What is a Colonoscopy?
A colonoscopy is a procedure where a flexible telescope (colonoscope) is passed around the large intestine (colon and rectum) via the anus, to the portion of the colon where the small intestine enters. It allows the doctor to see the inside of the bowel on a video screen and to perform procedures such as a biopsy, removal of polyps, marking of polyps (with ink), and treatments for bleeding. The procedure takes 30 to 60 minutes.
How am I prepared?
In order to obtain clear views, it is important that the bowel is thoroughly cleaned of all residue. Patients usually report that this is the most unpleasant part of the procedure. You will need to follow a special diet and drink a quantity of “bowel prep” solution.

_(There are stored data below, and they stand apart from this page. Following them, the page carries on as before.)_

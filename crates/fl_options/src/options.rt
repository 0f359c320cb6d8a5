//! The permissions that options mention.

ghost use Rattle.std.specs.Prelude.{◌≡◌, ◌++◌, IfOk, OnOk};
ghost use Rattle.std.specs.Option.{option_copied};
ghost use Rattle.fl_options.specs.Options as spec;

use crate::option_lines::option_lines;
use crate::tests_of_text::is_given;
use fl_meta::{Layer, Source, mentions_of};
use fp_base::Text;
use fp_keyfile::{KeyError, KeyFile, cut_at_equals};
use std::alloc::{AllocError, Global};

/// Returns what a word mentions as an option (flatpak-override(1)): one permission, or nothing if
/// it is no option.
///
/// After `--share=`, `--unshare=`, `--socket=`, `--nosocket=`, `--device=`, `--nodevice=`,
/// `--allow=`, `--disallow=`, `--filesystem=`, `--nofilesystem=` and `--persist=` comes the name of
/// a permission, after `--env=` a variable, `=` and its text, and after `--talk-name=`,
/// `--own-name=`, `--no-talk-name=`, `--system-talk-name=`, `--system-own-name=` and
/// `--system-no-talk-name=` a pattern of bus names.
#[tactic(auto, unfolding(crate::specs::Options::option_layer))]
pub fn option_layer(alloc: Global, word: &str) -> Result<Layer, AllocError>
    ensures { IfOk result (λ layer. layer ≡ spec.option_layer word.now) }
{
    match option_lines(alloc, word)? {
        Some(lines) => mentions_in(alloc, &lines),
        None => Ok(Layer::new(alloc)),
    }
}

/// Returns the mentions of an override with these lines; none if they are no key file.
fn mentions_in(alloc: Global, lines: &str) -> Result<Layer, AllocError>
    ensures { IfOk result (λ layer. layer ≡ spec.text_mentions lines.now) }
{
    match KeyFile::parse(alloc, lines.as_bytes()) {
        Ok(file) => mentions_of(alloc, &file, Source::Override),
        Err(KeyError::Fault(_)) => Ok(Layer::new(alloc)),
        Err(KeyError::NoMemory) => Err(AllocError),
    }
}

/// Returns whether a word is an option that changes permissions. `--filesystem=:ro` isn't, since it
/// has no name before the ending.
pub fn is_option(alloc: Global, word: &str) -> Result<bool, AllocError>
    ensures { IfOk result (λ b. b ≡ spec.is_option word.now) }
{
    Ok(!option_layer(alloc, word)?.is_empty())
}

/// Returns what words mention as options, one after another. A word that is no option mentions
/// nothing.
pub fn layer_of(alloc: Global, words: &[Text]) -> Result<Layer, AllocError>
    ensures { IfOk result (λ layer. layer ≡ spec.layer_of words.now) }
{
    let mut layer = Layer::new(alloc);
    for word in words {
        push_option(alloc, &mut layer, word.as_str())?;
    }
    Ok(layer)
}

/// Appends what a word mentions to a layer.
fn push_option(alloc: Global, layer: &mut Layer, word: &str) -> Result<(), AllocError>
    ensures { OnOk result (layer.new ≡ layer.old ++ spec.option_layer word.now) }
{
    for mention in option_layer(alloc, word)?.into_vec() {
        layer.push(mention)?;
    }
    Ok(())
}

/// Returns COMMAND of the word `--command=COMMAND`, or `None` for another word.
fn command_option(word: &str) -> Option<&str>
    ensures { option_copied result ≡ spec.command_option word.now }
{
    match cut_at_equals(word) {
        Some((option, name)) => command_in(option, name),
        None => None,
    }
}

/// Returns the command, if the option is `--command` and the command isn't empty, has no `;`, `=`
/// or control character, and doesn't begin with `!`, a space or a tab.
fn command_in<'a>(option: &str, name: &'a str) -> Option<&'a str>
    ensures { option_copied result ≡ spec.command_in (option.now, name.now) }
{
    if option == "--command" && is_given(name) {
        Some(name)
    } else {
        None
    }
}

/// Returns whether a word is an option of a launch: one that changes permissions, or
/// `--command=COMMAND`.
pub fn is_launch_option(alloc: Global, word: &str) -> Result<bool, AllocError>
    ensures { IfOk result (λ b. b ≡ spec.is_launch_option word.now) }
{
    Ok(is_option(alloc, word)? || command_option(word).is_some())
}

/// Returns COMMAND of the last word that is `--command=COMMAND`, or `None` if there is none.
pub fn last_command(alloc: Global, words: &[Text]) -> Result<Option<Text>, AllocError>
    ensures { IfOk result (λ command. command ≡ spec.last_command words.now) }
{
    match last_named(words) {
        Some(name) => Ok(Some(Text::from_str(alloc, name)?)),
        None => Ok(None),
    }
}

/// Returns COMMAND of the last word that is `--command=COMMAND`.
fn last_named(words: &[Text]) -> Option<&str>
    ensures { option_copied result ≡ spec.last_command words.now }
{
    let mut last = None;
    for word in words {
        if let Some(name) = command_option(word.as_str()) {
            last = Some(name);
        }
    }
    last
}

What about my usual medications?
In general, these should all be taken as usual. Exception will include:
- Warfarin or other blood thinning drugs
- Aspirin or other anti-inflammatory drugs
- Insulin or other diabetic tablets
- Iron supplements
- Any herbal drugs (you will need to check with the manufacturers as to what these contain).
The need to stop these medications will be discussed with Dr Petersen beforehand.
It is also necessary to inform the anaesthetist of all medications, past medical history, and any allergies.
Will I be awake during the procedure?
An anaesthetist will usually be present and you will have the opportunity to discuss this further with him/her. Although it is not normally described as a general anaesthetic, you will be heavily sedated and often will not recall the procedure.
What if something abnormal is found?
If possible, it will be dealt with at the time of the procedure. Polyps can often be removed, but if it is too large or if a cancer is found, biopsies can be collected.
What are polyps?
A polyp is an abnormal growth on the inner lining of the bowel. Although they are not usually cancerous, most will grow into cancer with time. Removing polyps is an important means of preventing bowel cancer.
How will I know what is found at the colonoscopy?
The doctor will speak with you and/or your family members immediately after the procedure. A formal report is sent to your general practitioner and copies can easily be sent to any other doctors involved in your care. Usually you will have a follow up consultation one to two weeks after the procedure to confirm the colonoscopy results.
What are the risks?
Colonoscopy is a frequently performed and safe procedure. Complications are uncommon. Most studies report complications is less than 1 in 1000 examinations. Risk is increased when polyps are removed.
Important complications include:
- Perforation of the bowel – this is usually evident soon after the procedure and may require emergency surgery.
- Bleeding can occur. This may be from the site of the polyp or biopsy, or related to treatment for haemorrhoids. Very rarely, a blood transfusion may be required and surgery is only necessary in extreme cases.
- Complications related to sedation are also uncommon and your anaesthetist will monitor you during the procedure.
What can I expect after the procedure?
Because air is inflated into the bowel during the procedure, it is very common to feel bloated and have crampy “wind” pains. This may persist for up to 48 hours.
You will have a light meal as soon as the sedation has started to wear off.
Severe pain is not to be expected and you need to contact Dr Petersen by phoning 3831 0699.
Effects of Sedation/Safety Issues:
Even though you may feel OK after the procedure, small amounts of sedative will remain in your bloodstream. For this reason, you must not drive a car or operate machinery for 12 hours after the procedure. Failure to follow this advice carries the same implications as drink driving and is against the law.
You should also not sign any contracts or make important decisions for 24 hours.
You should not consume alcohol as the sedative effects will be increased.
You should be cautions with simple tasks around the house e.g. using knives, etc.
Responsible Person:
You must be taken home and cared for overnight by a responsible person.
How accurate is colonoscopy?
No investigations in medicine are perfect. Studies have shown colonoscopy to be more accurate than barium enema but up to 3% of cancers can be missed. Small polyps can be missed in up to 6% of cases. CT colonography is still being evaluated and radiological procedures have the downside that a colonoscopy will still be required if any abnormality is found.
Further questions.
For most patients, the procedure is not nearly as unpleasant as they had imagined or been told by friends or relatives. Please contact my rooms if you have any questions. There will be a further opportunity to speak to Dr Petersen prior to the procedure.